------ Source records

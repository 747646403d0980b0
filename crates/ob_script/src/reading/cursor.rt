ghost use Rattle.std.specs.Prelude.{◌≡◌, ◌+◌, ◌<◌, ◌≤◌, ◌==◌, List, ℕ, Some, true, false};
ghost use Rattle.std.specs.Prelude.{IfErr, IfOk, drop, length, take};
ghost use Rattle.ob_script.specs.Inside.{EndsAt, IsFollowed, StandsAt};
ghost use Rattle.ob_script.specs.Reading.{greatest_script, script_lines};
ghost use Rattle.ob_script.specs.declared.reading.fault.LineFault.{LineFault};
ghost use Rattle.ob_script.specs.declared.reading.fault.LineFault.TheVariants.{Misplaced};
ghost use Rattle.ob_script.specs.declared.script_fault.ScriptFault.TheVariants.{Line};

use crate::reading::fault::LineFault;
use crate::reading::faulty_line::FaultyLine;
use crate::reading::grammar::Grammar;
use crate::reading::lines::{first_line, index_or_len};
use crate::script_fault::ScriptFault;
use std::marker::Model;

/// How many bytes are read at least before their memory is given back.
const PIECE: usize = 65536;

/// Reads the lines of a script one after the other, and counts them. When most of the script was read, the memory of that
/// is given back. Contracts see what is left of the script, and the count.
#[derive(Drop)]
pub struct Cursor {
    /// What is left of the script, behind bytes that were read.
    script: Vec<u8>,
    /// How many bytes of it were read before the line that was read last.
    last: usize,
    /// How many bytes of it were read.
    read: usize,
    /// How many are to be read before their memory is given back.
    enough: usize,
    /// How many lines were read.
    count: u32,
}

impl Model for Cursor {
    ghost use Rattle.std.specs.Prelude.{◌+◌, ◌≤◌, drop, length};
    ghost use Rattle.ob_script.specs.Inside.{Cursor};
    ghost use Rattle.ob_script.specs.Reading.{greatest_script};

    ghost Value = { Cursor };

    ghost view = { λ cursor. record { rest = drop cursor.read cursor.script.items; count = cursor.count } };

    ghost invariant = { λ cursor. (cursor.read ≤ length cursor.script.items)
        × (cursor.count + length (drop cursor.read cursor.script.items) ≤ greatest_script) };
}

impl Cursor {
    /// In front of the first line.
    pub fn new(script: Vec<u8>) -> Cursor
        requires small { length script.items ≤ greatest_script }
        ensures { result ≡ record { rest = script.items; count = 0 } }
    {
        let enough = enough_of(script.len());
        Cursor {
            script,
            last: 0,
            read: 0,
            enough,
            count: 0,
        }
    }

    /// Whether there is no further line.
    pub fn is_at_end(&self) -> bool
        ensures { result ≡ (length self.now.rest == 0) }
    {
        self.read == self.script.len()
    }

    /// Reads the next line: what it asks by itself, or its fault with its number.
    pub fn read<G: Grammar>(&mut self) -> Result<G::Line, ScriptFault>
        requires more { 0 < length self.old.rest }
        ensures count { self.new.count ≡ self.old.count + 1 }
        ensures fewer { length self.new.rest < length self.old.rest }
        ensures faulty { IfErr result (λ told. (script : List ℕ)
            → StandsAt G.grammar script self.old.count self.old.rest → (fault : LineFault)
            × (told ≡ Line (self.old.count + 1) fault)
            × EndsAt G.grammar script self.old.count (Some (self.old.count + 1, fault))) }
        ensures misplaced { IfOk result (λ line. (script : List ℕ)
            → StandsAt G.grammar script self.old.count self.old.rest
            → G.grammar.is_misplaced (take self.old.count (script_lines G.grammar script)) line ≡ true
            → EndsAt G.grammar script self.old.count (Some (self.old.count + 1, Misplaced))) }
        ensures placed { IfOk result (λ line. (script : List ℕ)
            → StandsAt G.grammar script self.old.count self.old.rest
            → G.grammar.is_misplaced (take self.old.count (script_lines G.grammar script)) line ≡ false
            → IsFollowed G.grammar script self.old.count line self.new.rest) }
    {
        self.give_back();
        let (line, bytes) = first_line(behind(&self.script, self.read));
        self.last = self.read;
        self.read += bytes;
        self.count += 1;
        match G::read(line) {
            Ok(line) => Ok(line),
            Err(fault) => Err(self.fault(fault)),
        }
    }

    /// A fault of the line that was read last.
    pub fn fault(&self, fault: LineFault) -> ScriptFault
        ensures { result ≡ Line self.now.count fault }
    {
        let bytes = self.script.get(self.last..self.read).unwrap_or(&[]);
        let line = &bytes[..index_or_len(bytes, b'\n')];
        ScriptFault::Line {
            line: FaultyLine::new(self.count, line, fault),
            fault,
        }
    }

    /// Gives back the memory of what was read, if that is enough.
    #[inline(always)]
    fn give_back(&mut self)
        ensures { self.new ≡ self.old }
    {
        if self.read >= self.enough {
            self.move_rest();
        }
    }

    /// Moves what is left to the front, and gives back the memory behind it.
    fn move_rest(&mut self)
        ensures { self.new ≡ self.old }
    {
        let left = self.script.len() - self.read;
        self.script.copy_within(self.read.., 0);
        self.script.truncate(left);
        self.script.shrink_to_fit();
        self.read = 0;
        self.enough = enough_of(left);
    }
}

/// What stands behind *n* bytes.
fn behind(script: &[u8], read: usize) -> &[u8]
    requires { read ≤ length script.now }
    ensures { result.now ≡ drop read script.now }
{
    &script[read..]
}

/// How many bytes of *n* are to be read before their memory is given back: seven eighths, and a piece at least.
fn enough_of(bytes: usize) -> usize {
    PIECE.max(bytes - bytes / 8)
}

------------

Assignment: Exact reproduction is required: output the lines from the start of the entries above through the line with "const PIECE: usize = 65536;".

Response to this task:
repository 747646403d0980b0
filename crates/ob_script/src/reading/cursor.rt
ghost use Rattle.std.specs.Prelude.{◌≡◌, ◌+◌, ◌<◌, ◌≤◌, ◌==◌, List, ℕ, Some, true, false};
ghost use Rattle.std.specs.Prelude.{IfErr, IfOk, drop, length, take};
ghost use Rattle.ob_script.specs.Inside.{EndsAt, IsFollowed, StandsAt};
ghost use Rattle.ob_script.specs.Reading.{greatest_script, script_lines};
ghost use Rattle.ob_script.specs.declared.reading.fault.LineFault.{LineFault};
ghost use Rattle.ob_script.specs.declared.reading.fault.LineFault.TheVariants.{Misplaced};
ghost use Rattle.ob_script.specs.declared.script_fault.ScriptFault.TheVariants.{Line};

use crate::reading::fault::LineFault;
use crate::reading::faulty_line::FaultyLine;
use crate::reading::grammar::Grammar;
use crate::reading::lines::{first_line, index_or_len};
use crate::script_fault::ScriptFault;
use std::marker::Model;

/// How many bytes are read at least before their memory is given back.
const PIECE: usize = 65536;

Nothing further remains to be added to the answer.